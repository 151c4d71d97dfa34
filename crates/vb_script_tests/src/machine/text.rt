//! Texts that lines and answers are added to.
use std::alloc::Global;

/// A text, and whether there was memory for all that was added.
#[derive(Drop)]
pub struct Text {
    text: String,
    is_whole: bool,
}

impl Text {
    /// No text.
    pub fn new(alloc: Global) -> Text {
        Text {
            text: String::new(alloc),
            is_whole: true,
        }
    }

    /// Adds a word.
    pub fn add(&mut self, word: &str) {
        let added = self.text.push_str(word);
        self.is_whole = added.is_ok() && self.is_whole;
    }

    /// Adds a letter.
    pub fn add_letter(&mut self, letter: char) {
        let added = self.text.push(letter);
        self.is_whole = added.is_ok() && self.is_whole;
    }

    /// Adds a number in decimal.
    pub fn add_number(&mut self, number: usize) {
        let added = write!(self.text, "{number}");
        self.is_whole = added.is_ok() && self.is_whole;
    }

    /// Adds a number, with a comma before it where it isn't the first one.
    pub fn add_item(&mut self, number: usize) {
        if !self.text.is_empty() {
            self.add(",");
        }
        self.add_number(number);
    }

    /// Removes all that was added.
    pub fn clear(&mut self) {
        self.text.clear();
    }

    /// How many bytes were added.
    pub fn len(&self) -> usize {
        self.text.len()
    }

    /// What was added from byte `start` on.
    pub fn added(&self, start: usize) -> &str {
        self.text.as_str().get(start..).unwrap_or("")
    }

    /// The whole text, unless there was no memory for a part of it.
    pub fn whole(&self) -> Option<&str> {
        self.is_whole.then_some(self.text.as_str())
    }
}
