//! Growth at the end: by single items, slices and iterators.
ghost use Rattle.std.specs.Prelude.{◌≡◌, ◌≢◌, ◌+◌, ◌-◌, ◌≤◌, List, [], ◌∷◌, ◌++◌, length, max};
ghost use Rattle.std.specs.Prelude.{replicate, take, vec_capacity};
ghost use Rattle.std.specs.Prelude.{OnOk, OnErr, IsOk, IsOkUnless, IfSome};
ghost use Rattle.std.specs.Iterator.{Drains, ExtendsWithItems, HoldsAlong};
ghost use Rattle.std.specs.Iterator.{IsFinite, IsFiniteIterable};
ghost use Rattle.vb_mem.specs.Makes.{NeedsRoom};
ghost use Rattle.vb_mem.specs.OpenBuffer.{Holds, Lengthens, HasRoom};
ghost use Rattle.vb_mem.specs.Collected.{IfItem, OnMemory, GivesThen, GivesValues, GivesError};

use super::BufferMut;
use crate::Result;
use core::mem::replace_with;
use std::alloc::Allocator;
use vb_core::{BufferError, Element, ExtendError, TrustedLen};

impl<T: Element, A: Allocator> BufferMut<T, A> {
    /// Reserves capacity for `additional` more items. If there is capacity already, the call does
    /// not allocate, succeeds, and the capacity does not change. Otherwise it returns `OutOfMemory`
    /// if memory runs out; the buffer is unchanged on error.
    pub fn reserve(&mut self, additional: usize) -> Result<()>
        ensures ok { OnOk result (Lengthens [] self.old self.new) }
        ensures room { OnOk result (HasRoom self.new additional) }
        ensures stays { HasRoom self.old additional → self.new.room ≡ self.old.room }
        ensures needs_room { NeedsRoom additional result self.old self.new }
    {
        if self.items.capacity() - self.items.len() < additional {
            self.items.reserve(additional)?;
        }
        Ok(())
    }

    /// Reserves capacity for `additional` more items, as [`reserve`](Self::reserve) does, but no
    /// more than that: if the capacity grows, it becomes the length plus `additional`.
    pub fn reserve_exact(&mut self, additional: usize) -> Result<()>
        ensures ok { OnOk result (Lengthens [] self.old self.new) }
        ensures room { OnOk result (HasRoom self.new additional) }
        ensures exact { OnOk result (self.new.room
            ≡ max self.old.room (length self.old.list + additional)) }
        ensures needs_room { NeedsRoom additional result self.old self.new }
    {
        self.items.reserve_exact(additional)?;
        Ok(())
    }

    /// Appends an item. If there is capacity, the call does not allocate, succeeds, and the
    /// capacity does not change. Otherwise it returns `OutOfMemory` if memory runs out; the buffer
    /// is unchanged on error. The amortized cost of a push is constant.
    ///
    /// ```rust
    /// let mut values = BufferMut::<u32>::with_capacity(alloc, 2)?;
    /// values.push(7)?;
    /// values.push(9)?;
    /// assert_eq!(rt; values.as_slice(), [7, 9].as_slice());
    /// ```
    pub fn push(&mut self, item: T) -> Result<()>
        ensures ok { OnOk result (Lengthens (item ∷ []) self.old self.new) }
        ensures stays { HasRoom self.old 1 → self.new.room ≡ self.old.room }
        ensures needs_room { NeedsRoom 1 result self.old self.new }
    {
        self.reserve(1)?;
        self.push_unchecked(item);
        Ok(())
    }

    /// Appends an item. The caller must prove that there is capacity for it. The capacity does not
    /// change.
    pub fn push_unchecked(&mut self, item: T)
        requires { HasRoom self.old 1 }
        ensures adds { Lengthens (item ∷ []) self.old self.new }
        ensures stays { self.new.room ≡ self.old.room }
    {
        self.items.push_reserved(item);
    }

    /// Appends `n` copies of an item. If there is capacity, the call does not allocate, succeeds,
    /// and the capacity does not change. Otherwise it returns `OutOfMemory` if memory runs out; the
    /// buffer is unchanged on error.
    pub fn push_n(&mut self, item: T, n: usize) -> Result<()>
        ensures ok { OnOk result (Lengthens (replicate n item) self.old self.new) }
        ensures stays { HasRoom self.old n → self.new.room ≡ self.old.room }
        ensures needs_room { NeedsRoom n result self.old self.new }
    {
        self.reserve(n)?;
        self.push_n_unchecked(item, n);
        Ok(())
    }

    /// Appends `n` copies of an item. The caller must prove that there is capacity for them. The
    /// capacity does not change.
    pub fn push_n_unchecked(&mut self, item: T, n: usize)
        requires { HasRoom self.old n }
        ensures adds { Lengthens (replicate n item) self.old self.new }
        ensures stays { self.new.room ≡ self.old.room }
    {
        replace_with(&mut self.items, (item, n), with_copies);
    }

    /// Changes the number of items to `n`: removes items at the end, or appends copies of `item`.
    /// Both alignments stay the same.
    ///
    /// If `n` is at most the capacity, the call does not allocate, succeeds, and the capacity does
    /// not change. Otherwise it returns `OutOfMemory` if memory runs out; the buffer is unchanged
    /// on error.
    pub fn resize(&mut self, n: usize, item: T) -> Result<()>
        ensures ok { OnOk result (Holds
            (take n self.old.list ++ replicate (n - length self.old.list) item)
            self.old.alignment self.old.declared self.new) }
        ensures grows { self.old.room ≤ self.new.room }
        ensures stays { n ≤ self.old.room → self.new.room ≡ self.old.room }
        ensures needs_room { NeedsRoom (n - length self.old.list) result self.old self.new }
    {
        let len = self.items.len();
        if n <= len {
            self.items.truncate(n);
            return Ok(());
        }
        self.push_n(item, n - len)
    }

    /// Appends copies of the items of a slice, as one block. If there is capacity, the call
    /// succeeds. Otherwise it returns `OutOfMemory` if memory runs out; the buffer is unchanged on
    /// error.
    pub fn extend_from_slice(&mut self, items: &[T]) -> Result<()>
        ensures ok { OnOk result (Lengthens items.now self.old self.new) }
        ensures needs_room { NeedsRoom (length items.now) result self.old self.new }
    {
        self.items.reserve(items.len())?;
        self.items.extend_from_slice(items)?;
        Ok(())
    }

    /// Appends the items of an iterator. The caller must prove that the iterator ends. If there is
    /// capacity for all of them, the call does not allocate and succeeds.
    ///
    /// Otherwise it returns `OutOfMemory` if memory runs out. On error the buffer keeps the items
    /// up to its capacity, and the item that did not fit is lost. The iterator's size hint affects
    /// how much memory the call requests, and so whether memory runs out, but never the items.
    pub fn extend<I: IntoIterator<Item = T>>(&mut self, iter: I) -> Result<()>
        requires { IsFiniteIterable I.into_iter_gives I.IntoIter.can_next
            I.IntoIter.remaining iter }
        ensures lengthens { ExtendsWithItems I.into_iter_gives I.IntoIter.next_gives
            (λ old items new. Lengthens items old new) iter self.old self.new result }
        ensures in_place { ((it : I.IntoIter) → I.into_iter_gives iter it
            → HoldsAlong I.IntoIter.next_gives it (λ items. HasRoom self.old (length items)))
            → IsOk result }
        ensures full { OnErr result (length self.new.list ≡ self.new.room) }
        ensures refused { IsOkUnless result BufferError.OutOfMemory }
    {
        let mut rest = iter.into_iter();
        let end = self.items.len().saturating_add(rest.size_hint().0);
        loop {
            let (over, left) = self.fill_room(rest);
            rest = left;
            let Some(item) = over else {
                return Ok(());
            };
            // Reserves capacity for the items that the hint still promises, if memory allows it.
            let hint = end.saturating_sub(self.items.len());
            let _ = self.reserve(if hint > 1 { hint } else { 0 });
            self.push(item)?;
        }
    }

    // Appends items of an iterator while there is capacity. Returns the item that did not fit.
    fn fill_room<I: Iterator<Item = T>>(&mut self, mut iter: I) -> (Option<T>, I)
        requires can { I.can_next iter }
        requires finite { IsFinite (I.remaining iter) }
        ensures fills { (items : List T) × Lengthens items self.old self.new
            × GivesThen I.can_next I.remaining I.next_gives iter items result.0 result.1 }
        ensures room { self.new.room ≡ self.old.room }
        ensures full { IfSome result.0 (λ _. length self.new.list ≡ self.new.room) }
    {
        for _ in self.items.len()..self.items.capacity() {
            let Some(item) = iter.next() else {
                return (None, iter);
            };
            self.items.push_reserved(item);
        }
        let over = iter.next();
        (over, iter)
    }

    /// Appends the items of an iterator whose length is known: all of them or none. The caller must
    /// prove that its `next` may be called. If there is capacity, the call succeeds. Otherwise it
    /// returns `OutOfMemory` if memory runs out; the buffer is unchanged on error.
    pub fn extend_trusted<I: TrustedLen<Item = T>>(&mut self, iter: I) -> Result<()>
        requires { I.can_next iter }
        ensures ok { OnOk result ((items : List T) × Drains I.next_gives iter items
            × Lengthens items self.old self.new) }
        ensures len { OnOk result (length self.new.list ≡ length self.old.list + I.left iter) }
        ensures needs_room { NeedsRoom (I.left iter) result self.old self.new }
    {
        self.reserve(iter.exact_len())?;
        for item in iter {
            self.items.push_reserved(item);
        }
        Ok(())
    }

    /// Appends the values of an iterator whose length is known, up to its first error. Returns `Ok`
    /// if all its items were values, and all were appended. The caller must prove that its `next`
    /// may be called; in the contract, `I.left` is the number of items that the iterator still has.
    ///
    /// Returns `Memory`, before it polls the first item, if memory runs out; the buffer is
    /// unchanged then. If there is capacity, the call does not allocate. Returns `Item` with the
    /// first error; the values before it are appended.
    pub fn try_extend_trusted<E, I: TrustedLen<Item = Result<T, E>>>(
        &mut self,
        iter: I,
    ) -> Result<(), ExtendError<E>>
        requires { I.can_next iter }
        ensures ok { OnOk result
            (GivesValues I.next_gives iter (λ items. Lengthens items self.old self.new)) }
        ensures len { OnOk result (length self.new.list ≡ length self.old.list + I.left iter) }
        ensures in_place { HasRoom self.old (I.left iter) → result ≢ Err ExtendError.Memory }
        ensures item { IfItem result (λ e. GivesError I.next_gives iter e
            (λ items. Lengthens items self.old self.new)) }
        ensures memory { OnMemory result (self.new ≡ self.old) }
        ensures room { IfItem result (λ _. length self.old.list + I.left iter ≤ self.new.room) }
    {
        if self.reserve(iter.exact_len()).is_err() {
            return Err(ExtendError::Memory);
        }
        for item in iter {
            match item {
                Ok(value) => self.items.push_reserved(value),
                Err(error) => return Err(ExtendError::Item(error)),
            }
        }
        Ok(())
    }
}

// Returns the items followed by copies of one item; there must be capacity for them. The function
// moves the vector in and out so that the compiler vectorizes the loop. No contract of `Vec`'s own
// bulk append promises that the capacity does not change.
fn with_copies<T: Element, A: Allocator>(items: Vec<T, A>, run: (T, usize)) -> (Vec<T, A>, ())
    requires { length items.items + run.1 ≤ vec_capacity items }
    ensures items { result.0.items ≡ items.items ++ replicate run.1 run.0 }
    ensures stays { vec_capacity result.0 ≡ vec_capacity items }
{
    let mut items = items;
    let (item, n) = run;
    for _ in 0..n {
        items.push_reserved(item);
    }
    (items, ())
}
· · · · ·
** TASK INSTRUCTIONS **
Your answer should be one number: how many lines in the material hold the word "start".

** WRITTEN SOLUTION **
3